Reinserción de Egipto en el contexto mediterráneo

Si bien siempre se ha dicho que Egipto es uno de los países más importantes dentro del contexto africano, árabe, musulmán y mediterráneo, las relaciones que aquel estado mantiene con gobiernos europeos ha sido un tema de gran relevancia.  A sabiendas de las buenas conexiones existentes entre Egipto y Estados Unidos, era necesario establecer lo mismo, pero con la Unión Europea.  Ahora, hasta el momento no se puede decir que egipcios y europeos gozan de una gran relación, pero al menos se le está empezando a dar mayor poder e importancia al gobierno egipcio en el “Proceso de Barcelona: Unión por el Mediterráneo”.

No es coincidencia que la primera copresidencia de este bloque haya quedado en manos, justamente, de Francia y Egipto.  En este sentido, hay que destacar la figura de Hosni Mubarak, un líder que, como ya se ha hecho costumbre, sirve para demostrar el doble discurso de los europeos.  Claro, porque al igual que en otras naciones árabes y/o musulmanas, la Unión Europea apoya a un presidente que claramente ha caído en violaciones a los derechos civiles de su población.  Sin embargo, Europa parece preferir esta situación en la medida que se mantenga un gobierno laico en Egipto u otros estados árabes.  Es por esto que surge la pregunta, ¿realmente existe una conciencia democrática?, ¿o sólo se trata de buscar los beneficios personales?  Da la impresión que se trata de lo segundo y por eso, aunque suene majadero, no es una mera casualidad ver a Egipto teniendo un rol protagónico.

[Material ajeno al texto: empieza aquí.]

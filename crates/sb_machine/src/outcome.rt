//! What follows an instruction: its line, the way home, and faults.

ghost use Rattle.std.specs.Prelude.{◌≡◌, ◌<◌, length};
ghost use Rattle.sb_memory.specs.Physical.{IsWordPlace};
ghost use Rattle.sb_walks.specs.Entry.{entry_in};
ghost use Rattle.sb_trace.specs.State.{State};
ghost use Rattle.sb_landing.specs.Lands.{line_of};
ghost use Rattle.sb_machine.specs.StandsFor.{IsMachineOf};
ghost use Rattle.sb_machine.specs.Outcomes.{line_by, origin_behind, core_behind, next_outcome, home_eptp, home_state, machine_at_home, fault_outcome};

use crate::parts::Parts;
use crate::phase::phase_behind;
use crate::processor::{Core, CoreState, Origin};
use sb_abi::{COMPARE_KEY, EXCHANGE_POOL, LOAD_POOL};
use sb_bus::FaultKind;
use sb_calls::server_fault_regs;
use sb_insn::Regs;
use sb_insn::registers::{R10, RAX};
use sb_memory::Memory;
use sb_state::EndKind;
use sb_trace::Event;

// ---- an instruction that goes on

/// The line of a phase by the registers behind it: ZF and RAX say whether it decided the call.
fn line_of(phase: u8, view: u16, regs: &Regs) -> Event
    ensures { result ≡ line_of phase view regs.now }
{
    let index = u32::from(view);
    match phase {
        COMPARE_KEY if !regs.flags.zf => Event::WrongKey { index },
        LOAD_POOL if regs.general[RAX] == 0 => Event::PoolEmpty { index },
        EXCHANGE_POOL if regs.flags.zf => Event::Entered {
            index,
            slot: (regs.general[R10] % 256) as u8,
        },
        _ => Event::Landing { phase },
    }
}

/// The line of an instruction that went on from RIP and left these registers: in flight by the phase and the registers, else the
/// address at which it stood.
pub fn line_by(phase: Option<u8>, view: u16, rip: u64, regs: &Regs) -> Event
    ensures { result ≡ line_by phase view rip regs.now }
{
    match phase {
        Some(phase) => line_of(phase, view, regs),
        None => Event::Step { rip },
    }
}

/// Where the thread stood at the VMFUNC, kept until the call is decided.
fn origin_behind(line: Event, origin: Option<Origin>) -> Option<Origin>
    ensures { result ≡ origin_behind line origin }
{
    match line {
        Event::Landing { .. } => origin,
        _ => None,
    }
}

/// The core behind an instruction that left these registers.
fn core_behind(core: &Core, line: Event, regs: Regs) -> Core
    requires { line ≡ line_by core.now.state.phase core.now.state.view core.now.state.regs.rip regs }
    ensures { result ≡ core_behind core.now regs }
{
    let phase = phase_behind(core.state.phase, regs.rip);
    let state = CoreState {
        regs,
        phase,
        ..core.state
    };
    Core {
        state,
        origin: origin_behind(line, core.origin),
        ..*core
    }
}

/// The core goes on with these registers; memory is as the instruction left it.
pub fn go_on(parts: &mut Parts, number: u8, regs: Regs) -> Event
    requires { number < length parts.old.cores }
    ensures { (result, parts.new) ≡ next_outcome parts.old number regs parts.old.memory }
{
    let core = parts.core(number);
    let state = &core.state;
    let line = line_by(state.phase, state.view, state.regs.rip, &regs);
    parts.set_core(number, core_behind(&core, line, regs));
    line
}

// ---- the way home, and faults

/// The EPT pointer of a core's home view, by its list.
pub fn home_eptp(memory: &Memory, state: &CoreState) -> u64
    requires { IsWordPlace memory.now (entry_in state.now.list.0 0) }
    ensures { result ≡ home_eptp memory.now state.now }
{
    memory.word(state.list.word(0))
}

/// A core in its home view, through this pointer, with these registers.
pub fn home_state(eptp: u64, state: &CoreState, regs: Regs) -> CoreState
    ensures { result ≡ home_state eptp state.now regs }
{
    CoreState {
        regs,
        eptp,
        view: 0,
        phase: None,
        ..*state
    }
}

/// Sends the thread of a core home from a server's view. The stack that it has of the server stays taken.
#[tactic(auto, using(crate::proofs::Places::home_word))]
fn send_home(parts: &mut Parts, number: u8)
    requires there { number < length parts.old.cores }
    requires stands { (state : State) × IsMachineOf parts.old state }
    ensures { parts.new ≡ machine_at_home parts.old number }
{
    let state = parts.core(number).state;
    let home = home_eptp(&parts.memory, &state);
    parts.set_state(number, home_state(home, &state, server_fault_regs()));
}

/// A fault of the thread of a core, and its line. At home it ends the thread; in a server's view it sends it home.
pub fn fault(parts: &mut Parts, number: u8, kind: FaultKind, at: u64) -> Event
    requires there { number < length parts.old.cores }
    requires stands { (state : State) × IsMachineOf parts.old state }
    ensures { (result, parts.new) ≡ fault_outcome parts.old number kind at }
{
    let core = parts.core(number);
    if core.state.view == 0 {
        let end = EndKind::Faulted(kind, at);
        parts.set_core(number, Core { end, ..core });
        Event::Fault { kind, at }
    } else {
        send_home(parts, number);
        Event::ServerFault { kind, at }
    }
}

Finalmente, cabe consignar que cuando se inició el Proceso de Barcelona original, muy pocos estados árabes estaban con esta iniciativa.  Hoy, la situación ha cambiado y ahora el único que no está es Libia.  Por eso, nuevamente aparece como fundamental el rol que pueda cumplir Egipto en la primera copresidencia correspondiente a la ribera sur del Mediterráneo.  ¿Será capaz Hosni Mubarak de torcer la mano de Muammar al Gaddafi?, ¿logrará seguir frenando las revoluciones religiosas y sociales que amenazan con explotar en países como Argelia y Líbano?, ¿podrá el gobierno egipcio establecer nexos con una Mauritania bajo el poder de los militares?  Estos y muchos otros serán los desafíos que tendrá Egipto.  Y siempre bajo la firme observación de Europa.

Conclusiones y proyecciones

Entendiendo la etapa previa a la Cumbre de Paris, el desarrollo de la reunión y el paso de los meses, se pueden elaborar un comentario u observación final.  Si bien el nuevo formato del original Proceso de Barcelona ha demostrado mayor acción y presencia -básicamente gracias a la campaña del presidente francés Nicolas Sarkozy-, nada hace presagiar que esta iniciativa está encaminada al éxito.  En paralelo, tampoco se puede decir que es la crónica de una muerte anunciada.  Sin embargo, existen evidentes señales que sugieren prudencia a la hora de pensar en un futuro positivo para el “Proceso de Barcelona: Unión por el Mediterráneo”.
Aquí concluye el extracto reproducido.